I will be honest about it: the following integral is involved in my current investigations about the interplay between Fourier-Legendre series expansions, hypergeometric functions of the $\phantom{}_3 F_2$ and $\phantom{}_4 F_3$ kind and polylogarithms. Significative contributions will be rewarded through a proper mention of the author.
The value of $\phantom{}_3 F_2\left(\tfrac{1}{2},\tfrac{3}{4},1;\tfrac{5}{4},\tfrac{3}{2};-1\right)$ is related to the integral $$ \mathcal{J}_1 = \int_{0}^{1}\frac{\arctan x}{\sqrt{x(1-x^2)}}\,dx, $$ which on its turn (by Feynman's trick) is related to $$ \mathcal{J}_2 = \int_{0}^{1}\frac{1-\phantom{}_2 F_1\left(-\frac{1}{4},1;\frac{1}{4};-x^2\right)}{x^2}\,dx.$$ I would be glad to know how to convert $\mathcal{J}_1$ (or $\mathcal{J}_2$) into a combination of standard mathematical constants and polylogarithms.

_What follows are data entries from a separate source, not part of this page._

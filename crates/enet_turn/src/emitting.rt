//! Datagrams that go.
ghost use Rattle.std.specs.Prelude.{◌≡◌, ◌+◌, List, false};
ghost use Rattle.enet_wire.specs.declared.told.Told.{Told as Call};
ghost use Rattle.enet_wire.specs.Wires.{also, unless_spent};
ghost use Rattle.enet_turn.specs.Phases.{EmitsAll};
ghost use Rattle.enet_turn.specs.Counts.{went_in, lost_in, count_of};
ghost use Rattle.enet_turn.specs.Private.Ending.{ends_sending, lost_by, sent_by};

use crate::host::Core;
use enet_wire::{MOST_LOST_PER_TURN, MOST_PER_TURN, SendOutcome, Wire};

/// How many datagrams were sent and lost, and whether the wire failed then.
#[derive(Clone, Copy)]
pub(crate) struct Sent {
    pub sent: u32,
    pub lost: u32,
    pub failed: bool,
}

/// Sends until the host has no datagram, a send would block or the wire fails, at most 256 datagrams. One that is lost doesn't end it, but
/// 16 do: so a peer that can't be reached doesn't keep the others from theirs. The datagrams pass through the buffer.
pub(crate) fn emit_all<H: Core, W: Wire>(host: &mut H, wire: &mut W, buf: &mut [u8; 4096]) -> Sent
    ensures { (told : List Call) × (W.told wire.new ≡ also (W.told wire.old) (unless_spent (W.faults wire.old) told))
        × EmitsAll H.calls 256 16 host.old told (record { host = host.new; failed = result.failed }) × (result.sent ≡ went_in told)
        × (result.lost ≡ lost_in told + count_of result.failed)
        × (W.faults wire.new ≡ W.faults wire.old + count_of result.failed) × (W.kept wire.new ≡ W.kept wire.old) }
{
    let mut sent = 0u32;
    let mut lost = 0u32;
    for _datagram in 0..MOST_PER_TURN {
        let Some((to, len)) = host.emit(buf) else {
            return ended(sent, lost);
        };
        match wire.send(to, &buf[..len]) {
            Ok(became) => {
                let (went, stayed) = counts(became);
                sent += went;
                lost += stayed;
                if ends_sending(became, lost) {
                    return ended(sent, lost);
                }
            }
            Err(_) => {
                return Sent {
                    sent,
                    lost: lost + 1,
                    failed: true,
                };
            }
        }
    }
    ended(sent, lost)
}

// How many datagrams were sent, and lost, by one of which this became.
fn counts(became: SendOutcome) -> (u32, u32)
    ensures sent { result.0 ≡ sent_by became }
    ensures lost { result.1 ≡ lost_by became }
    ensures one { result.0 + result.1 ≡ 1 }
{
    match became {
        SendOutcome::Sent => (1, 0),
        SendOutcome::Lost | SendOutcome::Blocked => (0, 1),
    }
}

// Whether a turn sends no more after a datagram of which this became, with so many lost in that turn.
fn ends_sending(became: SendOutcome, lost: u32) -> bool
    ensures { result ≡ ends_sending became lost }
{
    match became {
        SendOutcome::Sent => false,
        SendOutcome::Lost => lost >= MOST_LOST_PER_TURN,
        SendOutcome::Blocked => true,
    }
}

fn ended(sent: u32, lost: u32) -> Sent
    ensures { result ≡ record { sent = sent; lost = lost; failed = false } }
{
    Sent {
        sent,
        lost,
        failed: false,
    }
}
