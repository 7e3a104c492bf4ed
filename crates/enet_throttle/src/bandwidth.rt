//! Bandwidths: a peer's window, its share of the host's bandwidth, and the throttle's limit.

ghost use Rattle.std.specs.Prelude.{◌≡◌, ◌≤◌};
ghost use Rattle.enet_throttle.specs.Bandwidth.{window_for, window_size, share, budget, throttle_limit};

// The window for one bandwidth: 4,096 bytes for each whole 65,536 bytes per second, 4,096 to 65,536.
fn window_for_one(bandwidth: u32) -> u32
    ensures { result ≡ window_for bandwidth }
{
    (bandwidth / 65_536 * 4_096).clamp(4_096, 65_536)
}

/// The size in bytes of a peer's window, 4,096 to 65,536, from the own outgoing bandwidth and the other's incoming one:
/// 65,536 where both are 0, which says that no limit is known; where one is 0, the window for the other; where none is,
/// the window for the lesser (ENet 1.3). The window that CONNECT names is `window_of(outgoing, 0)`.
pub fn window_of(outgoing: u32, incoming: u32) -> u32
    ensures size { result ≡ window_size outgoing incoming }
    ensures least { 4096 ≤ result }
    ensures most { result ≤ 65536 }
{
    match (outgoing, incoming) {
        (0, 0) => 65_536,
        (0, known) | (known, 0) => window_for_one(known),
        _ => window_for_one(outgoing.min(incoming)),
    }
}

/// The bytes per second that a host may send to one of its connected peers: the lesser of an equal share of the host's
/// outgoing bandwidth, at least 1, and the peer's incoming bandwidth, where 0 says that no limit is known; None where
/// neither is known (our profile). A count of 0 peers counts as 1.
pub fn budget_of(outgoing: u32, peers: u32, incoming: u32) -> Option<u32>
    ensures { result ≡ budget outgoing peers incoming }
{
    match (outgoing, incoming) {
        (0, 0) => None,
        (0, known) => Some(known),
        (_, 0) => Some(share_of(outgoing, peers)),
        _ => Some(share_of(outgoing, peers).min(incoming)),
    }
}

// An equal share of a bandwidth, at least 1.
fn share_of(outgoing: u32, peers: u32) -> u32
    ensures { result ≡ share outgoing peers }
{
    (outgoing / peers.max(1)).max(1)
}

/// The throttle's limit, 1 to 32, for a peer to whom so many bytes were sent since the limit was last set: 32 where no
/// budget is known or the bytes are within it, and else of 32 as much as the budget is of the bytes, at least 1 (our
/// profile).
pub fn limit_of(sent: u32, budget: Option<u32>) -> u32
    ensures limit { result ≡ throttle_limit sent budget }
    ensures least { 1 ≤ result }
    ensures most { result ≤ 32 }
{
    match budget {
        Some(budget) if sent > budget => {
            let limit = 32 * u64::from(budget) / u64::from(sent);
            (limit as u32).max(1)
        }
        _ => 32,
    }
}
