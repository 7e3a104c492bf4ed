//! One channel's receiver in ENet 1.3: it dispatches reliable packets in the order of their numbers, each once and whole,
//! and unreliable ones in their places between them.
//!
//! Proved, each exactly by the definitions of specs/Receiver and specs/DataOutcome: `Incoming`'s four receptions (`reliable`,
//! `unreliable`, `fragment`, `unreliable_fragment`: the first outcome that applies, `took`, and the receiver after it,
//! `held`; every other outcome changes nothing, `unchanged`; Memory comes only where the command would be held, `memory`),
//! `foresee`, `foresee_data` (outcome, whether the window lets it be acknowledged, how many packets it dispatches), `take_in` (what
//! was foreseen to be held is, and is not looked at again), `take_in_at_once` (the same, where it hands the one packet out that `take_in`
//! would dispatch), `take_at_once` (the same of a command of which nothing was foreseen), `take_in_instead` and `dispatches_instead` (the
//! same where the unreliable packets that wait are given up for it),
//! `give_way`, `held`, `waiting`, `pop`, `clear`, `open`; and `ArrivingData::of` (which sequenced data command a command is). Laws: as
//! many turns as packets are held are enough to dispatch all that is due (`turns_suffice`), and what was dispatched before makes
//! no difference (`earlier_dispatches_do_not_matter`); what comes in sequence never has the flags 2 of an unsequenced packet
//! (`sequenced_has_other_flags`); a command takes a place and room for its packet at most (`a_command_takes_a_place_at_most`).
//! Inside, by the invariants of `Held` and `Block`: a number is marked exactly where a packet is held under it.
//! Only tested, in `check_numbers` and `check_peer`: that calls succeed with ample memory, and the worked scripts of one
//! channel; in check-memory.sh, that the room to dispatch packets goes back once it is for far more than are held or wait.
//! Neither: that a block's marks go with the last number that is held of it, what look-ups the marks save, and when
//! `take_in_at_once` and `take_at_once` give a packet. They do so, with ample memory, exactly where one comes alone: the next one in
//! order or an unreliable one of the front, whole, while nothing was dispatched and not popped, none is held whole under the next number,
//! and nothing waits for the front, or for the number that it becomes. But no clause says that they ever give one: a body that never
//! does would pass. So would one that gives a packet elsewhere too, as where what waits for the front isn't whole.
#![tactic(auto)]

mod arriving_data;
mod block;
mod foreseeing;
mod held;
mod incoming;
mod laws;
mod marking;
mod releasing;
mod storing;
mod took;

pub use arriving_data::ArrivingData;
pub use incoming::Incoming;
pub use laws::{
    a_command_takes_a_place_at_most, earlier_dispatches_do_not_matter, sequenced_has_other_flags,
    turns_suffice,
};
pub use took::{Foresight, Took};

It most certainly can be done since $\arctan(x)=\text{Im}\log(1+ix)$, but my version of Mathematica is not collaborating with me as I wished.
I will be away from keyboard for a few days (time to work for the Italian most celebrated mathematical contest), I hope to find some nice insight after my return.